[Stored data entries]
+++

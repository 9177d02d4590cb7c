//! Laws of what a change makes of the cues, each the contract of a function that does nothing.
ghost use Rattle.cue_edit.specs.Laws as laws;

/// A sign that is set changes no number and no part, and so nothing that a controller is told.
pub fn signs_move_nothing()
    ensures { laws.SignsMoveNothing }
{}

/// A cue that is carried is not lost, and no other one either: there are as many as before.
pub fn carrying_keeps_all()
    ensures { laws.CarryingKeepsAll }
{}

/// A copy has all that the cue has, but its number, and each other cue stays.
pub fn a_copy_adds_one()
    ensures { laws.ACopyAddsOne }
{}
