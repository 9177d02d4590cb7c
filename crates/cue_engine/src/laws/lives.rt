//! The calls of an engine, each in the life of a store: what the promise is about is what they make.
//!
//! Each function makes the call or the calls that it is named for, and nothing else. Nobody calls them: their contracts
//! join the clauses of the calls to the promise.
ghost use Rattle.std.specs.Prelude.{ℕ, [], ◌∷◌, ◌++◌, IfOk, OnOk, OnErr};
ghost use Rattle.cue_disk.specs.Disk.{Contents};
ghost use Rattle.cue_snap.specs.Observed.{first_after, second_after, RefusedAs};
ghost use Rattle.cue_outbox.specs.Sending.{datagrams};
ghost use Rattle.cue_snap.specs.Pair.{IsUnformedOr};
ghost use Rattle.cue_keeper.specs.Stands.{first_area};
ghost use Rattle.cue_engine.specs.Taking.{IsOffered, WhateverWasOffered};
ghost use Rattle.cue_engine.specs.Observed.{state_of, queue_of, first_of, second_of};
ghost use Rattle.cue_engine.specs.Inputs.{input_view};
ghost use Rattle.cue_engine.specs.Wires.{AllHanded, AreHanded};
ghost use Rattle.cue_engine.specs.Recovery.{IsLeftOrStands, RefusedBut};
ghost use Rattle.cue_engine.specs.Incidents.{
  formed,
  stopped_in_form,
  stopped_in_commit,
  committed,
  handed_out,
  handed_some,
  stopped,
  recovered,
  stopped_in_recovery,
  refused,
};
ghost use Rattle.cue_engine.specs.Headline.{handed_in};
ghost use Rattle.cue_engine.specs.Permitted.{IsWithin};
ghost use Rattle.cue_engine.specs.Lives.{
  with_next,
  store_now,
  view_of_disks,
  view_of,
  IsSound,
  RunsWith,
  RestsWith,
  RestsUnformed,
  InEachLifeWith,
  InEachLifeAt,
  InEachLifeBefore,
  InEachLifeOn,
  IsPromisedWithin,
  RestsWithin,
  LeavesAtEachStop,
  StopsAs,
  IsGivenBack,
};

use crate::engine::Engine;
use crate::input::Input;
use crate::taken::Taken;
use crate::wire::Wire;
use cue_disk::Disk;
use cue_keeper::{Fault, StoreFault};
use std::alloc::Global;

/// `Engine::form` in the life of a store that is not formed yet: if it answers Ok it is the next incident, and
/// wherever a stop finds the disks in it, the life goes on with a store that is not formed.
pub fn form<D: Disk>(alloc: Global, first: D, second: D) -> Result<Engine<D>, (StoreFault, D, D)>
    ensures formed { InEachLifeBefore (D.held first) (D.held second)
        (λ life. IfOk result (λ engine. RunsWith (with_next life formed) (state_of engine) (queue_of engine))) }
    ensures stopped { D.is_honest first → D.is_honest second → InEachLifeBefore (D.held first) (D.held second)
        (λ life. LeavesAtEachStop (view_of_disks D.Disk first second)
        (view_of_disks D.Disk (first_after first_of result) (second_after second_of result))
        (IsUnformedOr first_area (D.held first) (D.held second))
        (λ one other. RestsUnformed (with_next life (stopped_in_form one other)) one other)) }
{
    Engine::form(alloc, first, second)
}

/// `Engine::take` in the life of a store: a commit of the one input that was taken is the next incident, one that was
/// refused is none. At any moment of the call the promise holds of whatever a crash leaves, and the life goes on at
/// rest.
pub fn take<D: Disk>(engine: &mut Engine<D>, now: u64, input: Input<'_>) -> Result<Taken, Fault>
    ensures taken { InEachLifeWith (state_of engine.old) (queue_of engine.old)
        (λ life. OnOk result (RunsWith (with_next life (committed ((now, input_view input.entry) ∷ [])))
        (state_of engine.new) (queue_of engine.new))) }
    ensures not_taken { InEachLifeWith (state_of engine.old) (queue_of engine.old)
        (λ life. OnErr result (RunsWith life (state_of engine.new) (queue_of engine.new))) }
    ensures promised { InEachLifeWith (state_of engine.old) (queue_of engine.old)
        (λ life. IsPromisedWithin (view_of engine.old) (view_of engine.new) life
        ((now, input_view input.entry) ∷ [])) }
    ensures stopped { InEachLifeWith (state_of engine.old) (queue_of engine.old)
        (λ life. RestsWithin (view_of engine.old) (view_of engine.new) life ((now, input_view input.entry) ∷ [])) }
{
    engine.take(now, input)
}

/// `Engine::offer` in the life of a store: an input that was offered is the next of those that a commit takes, and the
/// life is as it was.
pub fn offer<D: Disk>(engine: &mut Engine<D>, now: u64, input: Input<'_>) -> Result<Taken, Fault>
    ensures next { WhateverWasOffered engine.old (λ inputs. OnOk result
        (IsOffered (inputs ++ (now, input_view input.entry) ∷ []) engine.new)) }
    ensures lives { InEachLifeWith (state_of engine.old) (queue_of engine.old)
        (λ life. RunsWith life (state_of engine.new) (queue_of engine.new)) }
{
    engine.offer(now, input)
}

/// `Engine::rest` in the life of a store: what was offered stays, and the life is as it was.
pub fn rest<D: Disk>(engine: &mut Engine<D>)
    ensures same { WhateverWasOffered engine.old (λ inputs. IsOffered inputs engine.new) }
    ensures lives { InEachLifeWith (state_of engine.old) (queue_of engine.old)
        (λ life. RunsWith life (state_of engine.new) (queue_of engine.new)) }
{
    engine.rest();
}

/// `Engine::withdraw` in the life of a store: nothing is offered any more, and the life is as it was.
pub fn withdraw<D: Disk>(engine: &mut Engine<D>)
    ensures dropped { IsOffered [] engine.new }
    ensures lives { InEachLifeWith (state_of engine.old) (queue_of engine.old)
        (λ life. RunsWith life (state_of engine.new) (queue_of engine.new)) }
{
    engine.withdraw();
}

/// `Engine::commit` in the life of a store: the inputs that were offered are the next incident together, and none if
/// they were refused. At any moment of the call the promise holds of whatever a crash leaves, and the life goes on at
/// rest.
pub fn commit<D: Disk>(engine: &mut Engine<D>) -> Result<(), Fault>
    ensures taken { WhateverWasOffered engine.old (λ inputs. InEachLifeWith (state_of engine.old) (queue_of engine.old)
        (λ life. OnOk result (RunsWith (with_next life (committed inputs)) (state_of engine.new)
        (queue_of engine.new)))) }
    ensures not_taken { InEachLifeWith (state_of engine.old) (queue_of engine.old)
        (λ life. OnErr result (RunsWith life (state_of engine.new) (queue_of engine.new))) }
    ensures promised { WhateverWasOffered engine.old
        (λ inputs. InEachLifeWith (state_of engine.old) (queue_of engine.old)
        (λ life. IsPromisedWithin (view_of engine.old) (view_of engine.new) life inputs)) }
    ensures stopped { WhateverWasOffered engine.old
        (λ inputs. InEachLifeWith (state_of engine.old) (queue_of engine.old)
        (λ life. RestsWithin (view_of engine.old) (view_of engine.new) life inputs)) }
{
    engine.commit()
}

/// `Engine::hand_out` in the life of a store: it is the next incident, and what the wire reports grew by what the life
/// has as handed over in it.
pub fn hand_out<D: Disk, W: Wire>(engine: &mut Engine<D>, wire: &mut W) -> u64
    ensures handed_out { InEachLifeWith (state_of engine.old) (queue_of engine.old)
        (λ life. RunsWith (with_next life handed_out) (state_of engine.new) (queue_of engine.new)) }
    ensures handed { InEachLifeWith (state_of engine.old) (queue_of engine.old)
        (λ life. AllHanded (W.told wire.old) (datagrams (handed_in (store_now life) handed_out)) result
        (W.told wire.new)) }
{
    engine.hand_out(wire)
}

/// `Engine::hand_out_first` in the life of a store: it is the next incident, and what the wire reports grew by what the
/// life has as handed over in it.
pub fn hand_out_first<D: Disk, W: Wire>(engine: &mut Engine<D>, wire: &mut W, most: usize) -> u64
    ensures handed_some { InEachLifeWith (state_of engine.old) (queue_of engine.old)
        (λ life. RunsWith (with_next life (handed_some most)) (state_of engine.new) (queue_of engine.new)) }
    ensures handed { InEachLifeWith (state_of engine.old) (queue_of engine.old)
        (λ life. AllHanded (W.told wire.old) (datagrams (handed_in (store_now life) (handed_some most))) result
        (W.told wire.new)) }
{
    engine.hand_out_first(wire, most)
}

/// `Engine::hand_out_first` with each of these numbers in turn, and then `Engine::hand_out`, in the life of a store:
/// together they are the one incident that `hand_out` alone is, and what the wire reports grew by the same.
pub fn hand_out_in_parts<D: Disk, W: Wire>(engine: &mut Engine<D>, wire: &mut W, parts: &[usize])
    ensures handed_out { InEachLifeWith (state_of engine.old) (queue_of engine.old)
        (λ life. RunsWith (with_next life handed_out) (state_of engine.new) (queue_of engine.new)) }
    ensures handed { InEachLifeWith (state_of engine.old) (queue_of engine.old)
        (λ life. AreHanded (W.told wire.old) (datagrams (handed_in (store_now life) handed_out))
        (W.told wire.new)) }
{
    for most in parts {
        let _refused = engine.hand_out_first(wire, *most);
    }
    let _refused = engine.hand_out(wire);
}

/// A stop between two parts of a hand-out, in the life of a store: `Engine::hand_out_first` with each of these numbers
/// in turn, and no call after them. The life goes on at rest, and has as handed over what these calls handed over.
pub fn stop_in_hand_out<D: Disk, W: Wire>(
    mut engine: Engine<D>,
    wire: &mut W,
    parts: &[usize],
) -> (D, D)
    ensures stopped { IsSound (view_of engine) → InEachLifeWith (state_of engine) (queue_of engine)
        (λ life. StopsAs stopped life (D.held result.0) (D.held result.1) (W.told wire.old)
        (W.told wire.new)) }
{
    for most in parts {
        let _refused = engine.hand_out_first(wire, *most);
    }
    engine.close()
}

/// `Engine::recover` in the life of a store, also of one whose `form` was cut off: if it answers Ok it gives what is
/// promised, and is the next incident. It never calls a store that was formed unformed, damaged, of another version or
/// malformed. After any other refusal but that of a device, and wherever a stop finds the disks in it, it may be called
/// again.
pub fn recover<D: Disk>(alloc: Global, first: D, second: D) -> Result<Engine<D>, (StoreFault, D, D)>
    ensures promised { D.is_honest first → D.is_honest second → InEachLifeOn (D.held first) (D.held second)
        (λ life. IfOk result (λ engine. IsGivenBack life (state_of engine) (queue_of engine))) }
    ensures recovered { D.is_honest first → D.is_honest second → InEachLifeOn (D.held first) (D.held second)
        (λ life. IfOk result (λ engine. RunsWith (with_next life (recovered (state_of engine)))
        (state_of engine) (queue_of engine))) }
    ensures readable { D.is_honest first → D.is_honest second → InEachLifeAt (D.held first) (D.held second)
        (λ _. RefusedAs StoreFault.Unformed ⊥ result × RefusedAs StoreFault.Damaged ⊥ result
        × RefusedAs StoreFault.Version ⊥ result × RefusedAs StoreFault.Malformed ⊥ result) }
    ensures refused { D.is_honest first → D.is_honest second → InEachLifeAt (D.held first) (D.held second)
        (λ life. RefusedBut StoreFault.Disk
        (RestsWith (with_next life (refused (D.held (first_after first_of result))
        (D.held (second_after second_of result)))) (D.held (first_after first_of result))
        (D.held (second_after second_of result))) result) }
    ensures stopped { D.is_honest first → D.is_honest second → InEachLifeAt (D.held first) (D.held second)
        (λ life. LeavesAtEachStop (view_of_disks D.Disk first second)
        (view_of_disks D.Disk (first_after first_of result) (second_after second_of result))
        (IsLeftOrStands (D.held first) (D.held second))
        (λ one other. RestsWith (with_next life (stopped_in_recovery one other)) one other)) }
    // A store whose `form` was cut off stays one that is not formed.
    ensures refused_unformed { D.is_honest first → D.is_honest second
        → InEachLifeBefore (D.held first) (D.held second) (λ life. RefusedBut StoreFault.Disk
        (RestsUnformed (with_next life (refused (D.held (first_after first_of result))
        (D.held (second_after second_of result)))) (D.held (first_after first_of result))
        (D.held (second_after second_of result))) result) }
    ensures stopped_unformed { D.is_honest first → D.is_honest second
        → InEachLifeBefore (D.held first) (D.held second)
        (λ life. LeavesAtEachStop (view_of_disks D.Disk first second)
        (view_of_disks D.Disk (first_after first_of result) (second_after second_of result))
        (IsLeftOrStands (D.held first) (D.held second))
        (λ one other. RestsUnformed (with_next life (stopped_in_recovery one other)) one other)) }
{
    Engine::recover(alloc, first, second)
}

/// `Engine::close` in the life of a store: the engine stops between two calls, and n of the datagrams that it owed may
/// have been handed over. A stop that finds no call at work leaves the disks so, too.
pub fn close<D: Disk>(engine: Engine<D>) -> (D, D)
    ensures stopped { IsSound (view_of engine) → InEachLifeWith (state_of engine) (queue_of engine)
        (λ life. (n : ℕ) (one other : Contents) → IsWithin (D.held result.0) one
        → IsWithin (D.held result.1) other → RestsWith (with_next life (stopped n one other)) one other) }
{
    engine.close()
}

/// What follows a commit that was refused, as after a disk failed, in the life of a store: `Engine::hand_out` of what
/// was owed before it, and `Engine::close`. The life goes on at rest, as after a stop within the commit, and has as
/// handed over what the wire reports; then the store may be recovered.
pub fn close_after_commit<D: Disk, W: Wire>(
    mut engine: Engine<D>,
    wire: &mut W,
) -> (Result<(), Fault>, D, D)
    ensures stopped { IsSound (view_of engine) → WhateverWasOffered engine
        (λ inputs. InEachLifeWith (state_of engine) (queue_of engine)
        (λ life. OnErr result.0 (StopsAs (stopped_in_commit inputs) life (D.held result.1) (D.held result.2)
        (W.told wire.old) (W.told wire.new)))) }
{
    let kept = engine.commit();
    let _refused = engine.hand_out(wire);
    let (first, second) = engine.close();
    (kept, first, second)
}

/// The same after `Engine::take`: a commit of the one input.
pub fn close_after_take<D: Disk, W: Wire>(
    mut engine: Engine<D>,
    wire: &mut W,
    now: u64,
    input: Input<'_>,
) -> (Result<Taken, Fault>, D, D)
    ensures stopped { IsSound (view_of engine) → InEachLifeWith (state_of engine) (queue_of engine)
        (λ life. OnErr result.0 (StopsAs (stopped_in_commit ((now, input_view input.entry) ∷ [])) life
        (D.held result.1) (D.held result.2) (W.told wire.old) (W.told wire.new))) }
{
    let taken = engine.take(now, input);
    let _refused = engine.hand_out(wire);
    let (first, second) = engine.close();
    (taken, first, second)
}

+++

Assignment:
Of all the entries above, how many lines contain "InEachLifeOn"? Give the number alone.

Result for this exercise:
3